# Requirement:
Set down every entry once more, character for character.

[Opening Records for processing section]

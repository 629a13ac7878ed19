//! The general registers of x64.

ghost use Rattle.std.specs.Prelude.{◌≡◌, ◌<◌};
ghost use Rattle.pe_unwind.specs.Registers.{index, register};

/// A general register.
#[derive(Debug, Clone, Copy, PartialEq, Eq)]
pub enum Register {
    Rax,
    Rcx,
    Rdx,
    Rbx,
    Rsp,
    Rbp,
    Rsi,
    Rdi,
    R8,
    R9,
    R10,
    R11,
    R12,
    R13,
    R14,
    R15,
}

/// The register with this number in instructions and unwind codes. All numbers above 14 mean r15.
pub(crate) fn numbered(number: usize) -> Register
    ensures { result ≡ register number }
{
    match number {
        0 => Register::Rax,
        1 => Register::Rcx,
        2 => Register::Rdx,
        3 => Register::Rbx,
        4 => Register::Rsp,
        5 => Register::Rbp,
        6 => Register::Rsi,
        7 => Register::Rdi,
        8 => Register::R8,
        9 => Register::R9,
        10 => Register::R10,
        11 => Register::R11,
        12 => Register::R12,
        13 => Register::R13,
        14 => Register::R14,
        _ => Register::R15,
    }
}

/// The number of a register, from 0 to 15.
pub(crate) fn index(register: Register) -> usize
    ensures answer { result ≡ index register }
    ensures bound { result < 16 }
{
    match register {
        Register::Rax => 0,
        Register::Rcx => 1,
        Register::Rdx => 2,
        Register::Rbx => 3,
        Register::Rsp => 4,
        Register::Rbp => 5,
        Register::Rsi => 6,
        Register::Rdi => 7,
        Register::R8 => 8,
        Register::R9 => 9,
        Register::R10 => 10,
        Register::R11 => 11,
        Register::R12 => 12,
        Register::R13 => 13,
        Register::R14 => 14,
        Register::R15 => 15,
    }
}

[Closing Records for processing section]

# Finished task:
repository 629a13ac7878ed19
//! The general registers of x64.

ghost use Rattle.std.specs.Prelude.{◌≡◌, ◌<◌};
ghost use Rattle.pe_unwind.specs.Registers.{index, register};

/// A general register.
#[derive(Debug, Clone, Copy, PartialEq, Eq)]
pub enum Register {
    Rax,
    Rcx,
    Rdx,
    Rbx,
    Rsp,
    Rbp,
    Rsi,
    Rdi,
    R8,
    R9,
    R10,
    R11,
    R12,
    R13,
    R14,
    R15,
}

/// The register with this number in instructions and unwind codes. All numbers above 14 mean r15.
pub(crate) fn numbered(number: usize) -> Register
    ensures { result ≡ register number }
{
    match number {
        0 => Register::Rax,
        1 => Register::Rcx,
        2 => Register::Rdx,
        3 => Register::Rbx,
        4 => Register::Rsp,
        5 => Register::Rbp,
        6 => Register::Rsi,
        7 => Register::Rdi,
        8 => Register::R8,
        9 => Register::R9,
        10 => Register::R10,
        11 => Register::R11,
        12 => Register::R12,
        13 => Register::R13,
        14 => Register::R14,
        _ => Register::R15,
    }
}

/// The number of a register, from 0 to 15.
pub(crate) fn index(register: Register) -> usize
    ensures answer { result ≡ index register }
    ensures bound { result < 16 }
{
    match register {
        Register::Rax => 0,
        Register::Rcx => 1,
        Register::Rdx => 2,
        Register::Rbx => 3,
        Register::Rsp => 4,
        Register::Rbp => 5,
        Register::Rsi => 6,
        Register::Rdi => 7,
        Register::R8 => 8,
        Register::R9 => 9,
        Register::R10 => 10,
        Register::R11 => 11,
        Register::R12 => 12,
        Register::R13 => 13,
        Register::R14 => 14,
        Register::R15 => 15,
    }
}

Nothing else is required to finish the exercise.